⟨

//! What expressions mention.

ghost use Rattle.std.specs.Prelude.{◌≡◌, ◌++◌, map, flat_map, OnOk};
ghost use Rattle.aql_syntax.specs.Trees.{as_terms};
ghost use Rattle.aql_syntax.specs.Views as see;
ghost use Rattle.aql_tables.specs.Mentions as spec;

use crate::mention::Mentions;
use aql_syntax::{Ast, Form, Item, is_dictionary_predicate};
use span_token::OutOfMemory;

/// What an expression mentions.
#[cycle(term)]
pub(crate) fn term<'a>(out: &mut Mentions<'a>, ast: &'a Ast) -> Result<(), OutOfMemory>
    ensures { OnOk result (out.new ≡ out.old ++ spec.mentions_in_term (see.term_of ast.now)) }
{
    match &ast.form {
        Form::Regex(text) => out.pattern(text.as_str()),
        Form::Call { name, args } => {
            arguments(out, name.as_str(), args)?;
            terms(out, args)
        }
        _ => Ok(()),
    }
}

/// The dictionary that an item's name may stand for elsewhere.
fn text<'a>(out: &mut Mentions<'a>, ast: &'a Ast) -> Result<(), OutOfMemory>
    ensures { OnOk result (out.new ≡ out.old ++ spec.mentions_in_text (see.term_of ast.now)) }
{
    match &ast.form {
        Form::Str(text) => out.dictionary_either_way(text.as_str()),
        _ => Ok(()),
    }
}

/// The dictionary that the call of the function `name` mentions by its first argument.
fn arguments<'a>(out: &mut Mentions<'a>, name: &str, args: &'a [Ast]) -> Result<(), OutOfMemory>
    ensures { OnOk result (out.new ≡ out.old ++ spec.mentions_in_arguments name.now (as_terms (map see.term_of args.now))) }
{
    match args {
        [] => Ok(()),
        [first, rest @ ..] => match &first.form {
            Form::Str(text) => {
                if is_dictionary_predicate(name) {
                    dictionary(out, text.as_str(), rest)
                } else {
                    Ok(())
                }
            }
            _ => Ok(()),
        },
    }
}

/// The dictionary of a predicate whose other arguments are `rest`.
fn dictionary<'a>(out: &mut Mentions<'a>, name: &'a str, rest: &'a [Ast]) -> Result<(), OutOfMemory>
    ensures { OnOk result (out.new ≡ out.old ++ spec.with_flags name.now (spec.flags_in (as_terms (map see.term_of rest.now)))) }
{
    match rest {
        [flag, _, ..] => flagged(out, name, flag),
        _ => out.dictionary(name, false),
    }
}

/// The dictionary, compared as the flag says.
fn flagged<'a>(out: &mut Mentions<'a>, name: &'a str, flag: &'a Ast) -> Result<(), OutOfMemory>
    ensures { OnOk result (out.new ≡ out.old ++ spec.with_flags name.now (spec.flags_of (see.term_of flag.now))) }
{
    match &flag.form {
        Form::Str(text) => out.dictionary(name, text.as_str() == "Exact"),
        _ => out.dictionary_either_way(name),
    }
}

/// What expressions mention, one after another.
#[cycle(term)]
pub(crate) fn terms<'a>(out: &mut Mentions<'a>, asts: &'a [Ast]) -> Result<(), OutOfMemory>
    ensures { OnOk result (out.new ≡ out.old ++ flat_map spec.mentions_in_term (map see.term_of asts.now)) }
{
    for ast in asts {
        term(out, ast)?;
    }
    Ok(())
}

/// What a selection's items mention.
pub(crate) fn items<'a>(out: &mut Mentions<'a>, items: &'a [Item]) -> Result<(), OutOfMemory>
    ensures { OnOk result (out.new ≡ out.old ++ flat_map spec.mentions_in_item (map see.item_of items.now)) }
{
    for one in items {
        item(out, one)?;
    }
    Ok(())
}

fn item<'a>(out: &mut Mentions<'a>, item: &'a Item) -> Result<(), OutOfMemory>
    ensures { OnOk result (out.new ≡ out.old ++ spec.mentions_in_item (see.item_of item.now)) }
{
    text(out, &item.expr)?;
    term(out, &item.expr)
}

/// What an extraction's items mention.
pub(crate) fn columns<'a>(out: &mut Mentions<'a>, items: &'a [Item]) -> Result<(), OutOfMemory>
    ensures { OnOk result (out.new ≡ out.old ++ flat_map spec.mentions_in_column (map see.item_of items.now)) }
{
    for item in items {
        term(out, &item.expr)?;
    }
    Ok(())
}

⟩

What you return must match the records above exactly, line for line.

→ **SOLUTION FOR THIS EXERCISE**:
//! What expressions mention.

ghost use Rattle.std.specs.Prelude.{◌≡◌, ◌++◌, map, flat_map, OnOk};
ghost use Rattle.aql_syntax.specs.Trees.{as_terms};
ghost use Rattle.aql_syntax.specs.Views as see;
ghost use Rattle.aql_tables.specs.Mentions as spec;

use crate::mention::Mentions;
use aql_syntax::{Ast, Form, Item, is_dictionary_predicate};
use span_token::OutOfMemory;

/// What an expression mentions.
#[cycle(term)]
pub(crate) fn term<'a>(out: &mut Mentions<'a>, ast: &'a Ast) -> Result<(), OutOfMemory>
    ensures { OnOk result (out.new ≡ out.old ++ spec.mentions_in_term (see.term_of ast.now)) }
{
    match &ast.form {
        Form::Regex(text) => out.pattern(text.as_str()),
        Form::Call { name, args } => {
            arguments(out, name.as_str(), args)?;
            terms(out, args)
        }
        _ => Ok(()),
    }
}

/// The dictionary that an item's name may stand for elsewhere.
fn text<'a>(out: &mut Mentions<'a>, ast: &'a Ast) -> Result<(), OutOfMemory>
    ensures { OnOk result (out.new ≡ out.old ++ spec.mentions_in_text (see.term_of ast.now)) }
{
    match &ast.form {
        Form::Str(text) => out.dictionary_either_way(text.as_str()),
        _ => Ok(()),
    }
}

/// The dictionary that the call of the function `name` mentions by its first argument.
fn arguments<'a>(out: &mut Mentions<'a>, name: &str, args: &'a [Ast]) -> Result<(), OutOfMemory>
    ensures { OnOk result (out.new ≡ out.old ++ spec.mentions_in_arguments name.now (as_terms (map see.term_of args.now))) }
{
    match args {
        [] => Ok(()),
        [first, rest @ ..] => match &first.form {
            Form::Str(text) => {
                if is_dictionary_predicate(name) {
                    dictionary(out, text.as_str(), rest)
                } else {
                    Ok(())
                }
            }
            _ => Ok(()),
        },
    }
}

/// The dictionary of a predicate whose other arguments are `rest`.
fn dictionary<'a>(out: &mut Mentions<'a>, name: &'a str, rest: &'a [Ast]) -> Result<(), OutOfMemory>
    ensures { OnOk result (out.new ≡ out.old ++ spec.with_flags name.now (spec.flags_in (as_terms (map see.term_of rest.now)))) }
{
    match rest {
        [flag, _, ..] => flagged(out, name, flag),
        _ => out.dictionary(name, false),
    }
}

/// The dictionary, compared as the flag says.
fn flagged<'a>(out: &mut Mentions<'a>, name: &'a str, flag: &'a Ast) -> Result<(), OutOfMemory>
    ensures { OnOk result (out.new ≡ out.old ++ spec.with_flags name.now (spec.flags_of (see.term_of flag.now))) }
{
    match &flag.form {
        Form::Str(text) => out.dictionary(name, text.as_str() == "Exact"),
        _ => out.dictionary_either_way(name),
    }
}

/// What expressions mention, one after another.
#[cycle(term)]
pub(crate) fn terms<'a>(out: &mut Mentions<'a>, asts: &'a [Ast]) -> Result<(), OutOfMemory>
    ensures { OnOk result (out.new ≡ out.old ++ flat_map spec.mentions_in_term (map see.term_of asts.now)) }
{
    for ast in asts {
        term(out, ast)?;
    }
    Ok(())
}

/// What a selection's items mention.
pub(crate) fn items<'a>(out: &mut Mentions<'a>, items: &'a [Item]) -> Result<(), OutOfMemory>
    ensures { OnOk result (out.new ≡ out.old ++ flat_map spec.mentions_in_item (map see.item_of items.now)) }
{
    for one in items {
        item(out, one)?;
    }
    Ok(())
}

fn item<'a>(out: &mut Mentions<'a>, item: &'a Item) -> Result<(), OutOfMemory>
    ensures { OnOk result (out.new ≡ out.old ++ spec.mentions_in_item (see.item_of item.now)) }
{
    text(out, &item.expr)?;
    term(out, &item.expr)
}

/// What an extraction's items mention.
pub(crate) fn columns<'a>(out: &mut Mentions<'a>, items: &'a [Item]) -> Result<(), OutOfMemory>
    ensures { OnOk result (out.new ≡ out.old ++ flat_map spec.mentions_in_column (map see.item_of items.now)) }
{
    for item in items {
        term(out, &item.expr)?;
    }
    Ok(())
}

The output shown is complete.